Area Manager Communication, Relations & CSR Patra Niaga Regional Kalimantan, Arya Yusa Dwicandra, dalam keterangan persnya, Kamis (16/5/2024) mengatakan hal itu.
Pihak memperkirakan akan ada kebutuhan avtur sebesar 1.679 Kiloliter (KL) selama masa penerbangan haji 2024 ini yang dibagi dalam dua fase yaitu keberangkatan mulai 12 Mei 2024 dan kepulangan yang diperkirakan hingga tanggal 19 Juli nanti di Kalimantan Selatan.

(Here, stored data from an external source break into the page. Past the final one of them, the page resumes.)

//! Whether processes satisfy policies.
ghost use Rattle.std.specs.Prelude.{◌≡◌, ◌==◌, ◌&&◌, ◌||◌, ℕ, length, nat_lt};
ghost use Rattle.std.specs.FinSet as sets;
ghost use Rattle.fy_policy.specs.Sat.{satisfies};
ghost use Rattle.fy_team.specs.Teams.{is_among};
ghost use Rattle.fy_decide.specs.Safety.{first_satisfied, first_short};
ghost use Rattle.fy_cluster.specs.Replies.{meets};

use fy_cluster::Config;
use fy_locality::{Map, ProcId, ProcSet};
use fy_policy::{Policy, satisfied};

/// The set with the process, if it is there.
fn with_known(map: &Map, set: ProcSet, p: ProcId) -> ProcSet
    ensures { (q : ℕ) → sets.contains result q
        ≡ (sets.contains set q || nat_lt q (length map.now) && p.0 == q) }
{
    let mut set = set;
    if p.0 < map.len() {
        set.put(p);
    }
    set
}

/// The set of the members that are processes of the map.
fn set_of(map: &Map, members: &[ProcId]) -> ProcSet
    ensures { (q : ℕ) → sets.contains result q
        ≡ (nat_lt q (length map.now) && is_among members.now q) }
{
    let mut set = ProcSet::empty();
    for p in members {
        set = with_known(map, set, *p);
    }
    set
}

/// Whether the members satisfy the policy. Who isn't there doesn't count.
fn members_satisfy(config: &Config, need: &Policy, members: &[ProcId]) -> bool
    ensures { result ≡ satisfies config.now.processes need.now (is_among members.now) }
{
    let map = config.map();
    let set = set_of(map, members);
    satisfied(need, map, &set)
}

/// Whether the policy with the number is there, and the members satisfy it.
pub(crate) fn meets(config: &Config, policy: u32, members: &[ProcId]) -> bool
    ensures { result ≡ meets config.now policy (is_among members.now) }
{
    match config.policies().get(policy as usize) {
        Some(need) => members_satisfy(config, need, members),
        None => false,
    }
}

/// The first policy that the set satisfies.
pub(crate) fn first_satisfied(config: &Config, set: &ProcSet) -> Option<usize>
    ensures { result
        ≡ first_satisfied config.now.processes config.now.policies (sets.contains set.now) }
{
    let map = config.map();
    config
        .policies()
        .iter()
        .position(|policy| satisfied(policy, map, set))
}

/// The first policy that the set is short of.
pub(crate) fn first_short(config: &Config, set: &ProcSet) -> Option<usize>
    ensures { result
        ≡ first_short config.now.processes config.now.policies (sets.contains set.now) }
{
    let map = config.map();
    config
        .policies()
        .iter()
        .position(|policy| !satisfied(policy, map, set))
}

Angka kebutuhan itu naik 26 persen jika dibandingkan tahun lalu, yaitu di 2024 ini diperlukan 1.679 KL avtur, sementara tahun 2023 lalu hanya 1.337 KL.
Ia menambahkan, penyaluran Avtur tersebut ditujukan ke maskapai Garuda Indonesia yang akan menerbangkan sebanyak 5.759 jamaah haji dalam 19 kloter dari Bandara Syamsudin Noor di Banjarmasin, Kalimantan Selatan.